I've always been a bit skeptical of the "moon bulbs" for simulating "natural light" for any reptile or amphibian.

I've been considering some sort of bluish LED light. Not too bright but just enough to cast shadows and what not. There are actually alot of ways to do a night time simulation with light but I've found the blue bulbs too bright for my taste.

As for if they bother the frogs I don't think they do. I know that the red bulbs never seem to bother any frogs or reptiles I've seen but I'm picky and don't like those either.


----------



## RedEyeTroyFrog (Jan 25, 2008)

i have the mini red led lamp that suctions on to the outside of the tank for my red eyes and they do not seem to be bothered by it at all in the slightest


----------



## Derek Benson (Feb 19, 2004)

I may sound like the biggest dork ever, but since most of my frogs are nocturnal, I bought one of those head lamps (like steve irwin used to wear) that has 2 white and 1 red LED in it. The red is for hunting if you have to look at maps or something at night and dont want to lose your "night vision". I believe the frogs can see it, but it doesn't bother them at all. This is with red eyes, clowns, waxys, bicolor, etc.


----------



## RedEyeTroyFrog (Jan 25, 2008)

yeah thats the same thing as what i use its just on a little suction lamp thingy, lol it is a 1 watt red led, no heat is emitted by this bulb and has no effect on the red eyes seeing at night...here is what it is.... oh btw i have had mine plugged in for about 8 months and it still running i never unplug it, and as far as i kno it does not use much electricity, only having 1 watt
Zilla - Mini-Clamp Red LED Lamp - eBay (item 200200083589 end time Nov-09-08 16:17:35 PST)


----------



## AlexRible (Oct 16, 2007)

^^^ I have the blue version of that, doesn't seem to bother any of my frogs at all.


----------



## RedEyeTroyFrog (Jan 25, 2008)

sweet where did u get the blue version? BTW alex im liking ur signature i agree completely!!


----------



## AlexRible (Oct 16, 2007)

RedEyeTroyFrog said:


> sweet where did u get the blue version? BTW alex im liking ur signature i agree completely!!
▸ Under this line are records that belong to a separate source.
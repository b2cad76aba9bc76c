// From a file's bytes to the reply: what is written is determined by what was read, as reply_of of specs/Replies.antt says.
// A file has at most 128 points, 256 faces and 128 margin points, and no buffer is larger than 64 KiB.
#![tactic(auto)]

ghost use Rattle.std.specs.Prelude.{◌≡◌, ◌+◌, ◌*◌, ◌≤◌, length, take, Ok};
ghost use Rattle.scanfile.specs.Scans.{scan_of};
ghost use Rattle.meaning.specs.Outcome.{outcome};
ghost use Rattle.lists.specs.Puts.{Put};
ghost use Rattle.listing.specs.Texts.{mesh_text};
ghost use Rattle.units.specs.Units.{unit_number};
ghost use Rattle.scanwriter.specs.Written.{scan_bytes};
ghost use Rattle.replies.specs.declared.Wanted.TheVariants.{Listing, File};
ghost use Rattle.replies.specs.Replies.{mesh, refused, closed_line, mesh_bytes, answer_told, call_of, outcome_told, reply_by, reply_of, complaint};
ghost use Rattle.replies.specs.Clauses.{Replied, RepliedWhy, Small, Shown};

use meaning::{Answer, Options};
use scanfile::Head;
use units::Unit;
use walk::Closings;
use walking::Engine;

// What is asked for: document 01's listing, or a scan file.
#[derive(Clone, Copy)]
pub enum Wanted {
    Listing,
    File,
}

// What stands at the beginning of the buffer: so many bytes of the thinned mesh, as it was asked for; or so many of a refusal's line, with
// its number and place. And of either the pairs closed by reason.
#[derive(Clone, Copy)]
pub enum Reply {
    Mesh(usize, Closings),
    Refusal(usize, u32, u32, Closings),
}

// ---- memory, of which only the lengths matter

// How many bytes are read: one over the longest good file, since what comes after can't change the answer.
pub const INPUT_ROOM: usize = 5157;

// How many bytes are written at most: the longest listing takes fewer.
pub const TEXT_ROOM: usize = 12288;

// 128 points, three f32 each; 256 faces, three u32 each; and 128 margin points.
const POINT_CELLS: usize = 384;

const FACE_CELLS: usize = 768;

const MARGIN_CELLS: usize = 128;

// Work memory: 16V+32F u32, 4V+12F f32 and 16V+6F f64.
const WORK_U32_CELLS: usize = 10240;

const WORK_F32_CELLS: usize = 3584;

const WORK_F64_CELLS: usize = 3584;

// As many zeros.
fn zeros<T: Copy + Default, const N: usize>() -> [T; N]
    ensures { N ≡ length result }
{
    [T::default(); N]
}

// The cells that a file is read into.
pub fn input_cells() -> [u8; INPUT_ROOM]
    ensures { 5157 ≡ length result }
{
    zeros()
}

// The cells that a reply is written into.
pub fn text_cells() -> [u8; TEXT_ROOM]
    ensures { 12288 ≡ length result }
{
    zeros()
}

// ---- the reply

// Writes the line of a refusal.
fn write_refusal(out: &mut [u8], wanted: Wanted, number: u32, place: u32, closed: Closings) -> Reply
    requires { 12288 ≤ length out.old }
    ensures { Replied wanted (refused number place closed) out.old out.new result }
{
    let size = listing::list_refusal(out, number, place).unwrap_or(0);
    Reply::Refusal(size, number, place, closed)
}

// Writes the listing of a mesh.
fn write_listing(
    out: &mut [u8],
    unit: Unit,
    folds: u32,
    closed: Closings,
    points: &[f32],
    faces: &[u32],
) -> Reply
    requires fact_1 { 12288 ≤ length out.old }
    requires fact_2 { Small points.now faces.now }
    ensures { Replied Listing (mesh (mesh_text (unit_number unit) folds points.now faces.now) closed) out.old out.new result }
{
    let number = u32::from(unit);
    let size = listing::list_mesh(out, number, folds, points, faces).unwrap_or(0);
    Reply::Mesh(size, closed)
}

// Writes the file of a mesh. It fits, so the writer does not refuse.
fn write_file(out: &mut [u8], unit: Unit, closed: Closings, points: &[f32], faces: &[u32]) -> Reply
    requires fact_1 { 12288 ≤ length out.old }
    requires fact_2 { Small points.now faces.now }
    ensures { Replied File (mesh (scan_bytes (unit_number unit) points.now faces.now) closed) out.old out.new result }
{
    let number = u32::from(unit);
    match scanwriter::write_scan(number, points, faces, out) {
        Ok(size) => Reply::Mesh(size, closed),
        Err(fault) => Reply::Refusal(0, fault.number(), fault.place(), closed),
    }
}

// Writes a mesh as it was asked for.
fn write_mesh(
    out: &mut [u8],
    wanted: Wanted,
    unit: Unit,
    folds: u32,
    closed: Closings,
    points: &[f32],
    faces: &[u32],
) -> Reply
    requires fact_1 { 12288 ≤ length out.old }
    requires fact_2 { Small points.now faces.now }
    ensures { Replied wanted (mesh (mesh_bytes wanted unit folds points.now faces.now) closed) out.old out.new result }
{
    match wanted {
        Wanted::Listing => write_listing(out, unit, folds, closed, points, faces),
        Wanted::File => write_file(out, unit, closed, points, faces),
    }
}

// Writes the reply of an answer, with the points and faces of its mesh at the beginning of two lists.
fn write_answer(
    out: &mut [u8],
    wanted: Wanted,
    unit: Unit,
    answer: Answer,
    points: &[f32],
    faces: &[u32],
) -> Reply
    requires fact_1 { 12288 ≤ length out.old }
    requires fact_2 { Shown answer points.now faces.now }
    ensures { Replied wanted (answer_told wanted unit answer (take (3 * answer.points) points.now) (take (3 * answer.faces) faces.now)) out.old out.new result }
{
    let closed = answer.closed;
    if answer.number != 0 {
        return write_refusal(out, wanted, answer.number, answer.place, closed);
    }
    let points_end = 3 * answer.points as usize;
    let faces_end = 3 * answer.faces as usize;
    write_mesh(
        out,
        wanted,
        unit,
        answer.folds,
        closed,
        &points[..points_end],
        &faces[..faces_end],
    )
}

// Thins a mesh and writes the reply of the outcome.
fn write_thinned(
    out: &mut [u8],
    wanted: Wanted,
    head: Head,
    points: &[f32],
    faces: &[u32],
    margin: &[u32],
) -> Reply
    requires { 12288 ≤ length out.old }
    ensures { Replied wanted (outcome_told wanted head.unit (outcome (call_of head points.now faces.now margin.now))) out.old out.new result }
{
    let mut out_points: [f32; POINT_CELLS] = zeros();
    let mut out_faces: [u32; FACE_CELLS] = zeros();
    let mut work_u32: [u32; WORK_U32_CELLS] = zeros();
    let mut work_f32: [f32; WORK_F32_CELLS] = zeros();
    let mut work_f64: [f64; WORK_F64_CELLS] = zeros();
    let mut folds = [0u32; 1];
    let unit = head.unit;
    let limit = head.limit;
    let options = Options {
        unit: u32::from(unit),
        ratio: head.ratio,
        preserve: head.preserve,
        limit: limit,
    };
    let answer = thinning::thin(
        Engine::Heap,
        points,
        faces,
        margin,
        options,
        &mut out_points,
        &mut out_faces,
        &mut work_u32,
        &mut work_f32,
        &mut work_f64,
        &mut folds,
    );
    write_answer(out, wanted, unit, answer, &out_points, &out_faces)
}

// Reads a good file's mesh, thins it and writes the reply of the outcome.
fn write_good(out: &mut [u8], wanted: Wanted, bytes: &[u8], head: Head) -> Reply
    requires fact_1 { 12288 ≤ length out.old }
    requires fact_2 { scan_of bytes.now ≡ Ok head }
    ensures { Replied wanted (reply_by wanted bytes.now (Ok head)) out.old out.new result }
{
    let mut points: [f32; POINT_CELLS] = zeros();
    let mut faces: [u32; FACE_CELLS] = zeros();
    let mut margin: [u32; MARGIN_CELLS] = zeros();
    let v = head.points;
    let f = head.faces;
    let m = head.margin;
    scanfile::read_points(bytes, v, &mut points);
    scanfile::read_faces(bytes, v, f, &mut faces);
    scanfile::read_margin(bytes, v, f, m, &mut margin);
    let points_end = 3 * v;
    let faces_end = 3 * f;
    write_thinned(
        out,
        wanted,
        head,
        &points[..points_end],
        &faces[..faces_end],
        &margin[..m],
    )
}

// Writes the reply to a file.
pub fn write_reply(out: &mut [u8], wanted: Wanted, bytes: &[u8]) -> Reply
    requires { 12288 ≤ length out.old }
    ensures { Replied wanted (reply_of wanted bytes.now) out.old out.new result }
{
    match scanfile::read_scan(bytes) {
        Ok(head) => write_good(out, wanted, bytes, head),
        Err(bad) => write_refusal(
            out,
            wanted,
            bad.fault.number(),
            bad.place,
            Closings::default(),
        ),
    }
}

// Writes the line of the pairs closed.
fn put_why(out: &mut [u8], at: usize, closed: Closings) -> usize
    requires { at + 70 ≤ length out.old }
    ensures { Put 70 (closed_line closed) at out.old out.new result }
{
    listing::put_closed(out, at, closed.unlinked, closed.squashed, closed.turned)
}

// Writes the reply to a file, with the line of the pairs closed after it.
pub fn write_why(out: &mut [u8], bytes: &[u8]) -> Reply
    requires { 12288 ≤ length out.old }
    ensures { RepliedWhy (reply_of Listing bytes.now) out.old out.new result }
{
    match write_reply(out, Wanted::Listing, bytes) {
        Reply::Mesh(n, closed) => {
            let size = put_why(out, n, closed);
            Reply::Mesh(size, closed)
        }
        Reply::Refusal(n, number, place, closed) => {
            let size = put_why(out, n, closed);
            Reply::Refusal(size, number, place, closed)
        }
    }
}

// Writes a refusal in plain words, for standard error.
pub fn write_complaint(out: &mut [u8], number: u32, place: u32) -> usize
    requires { 134 ≤ length out.old }
    ensures { Put 134 (complaint number place) 0 out.old out.new result }
{
    let next = text::put_word(out, 0, b"thin: ");
    wording::put_words(out, next, number, place)
}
Thanks... yea I got it at a really great local fish store called tropiquarium, but I have seen them online before, I think drsfosterandsmith.com has them.


----------



## AlexRible (Oct 16, 2007)

Im thinking about getting another one to light up the other side of my viv


----------



## RedEyeTroyFrog (Jan 25, 2008)

thanks ill look into that


----------



## Zimer (Sep 20, 2008)

since i can't find the zilla blue led online i thought about buying exo terra night glo.
what do you think?


----------



## AlexRible (Oct 16, 2007)

here is the blue
Aquarium Lighting: Aqualight Lunar Blue-Moon-Glow Lunar Light


----------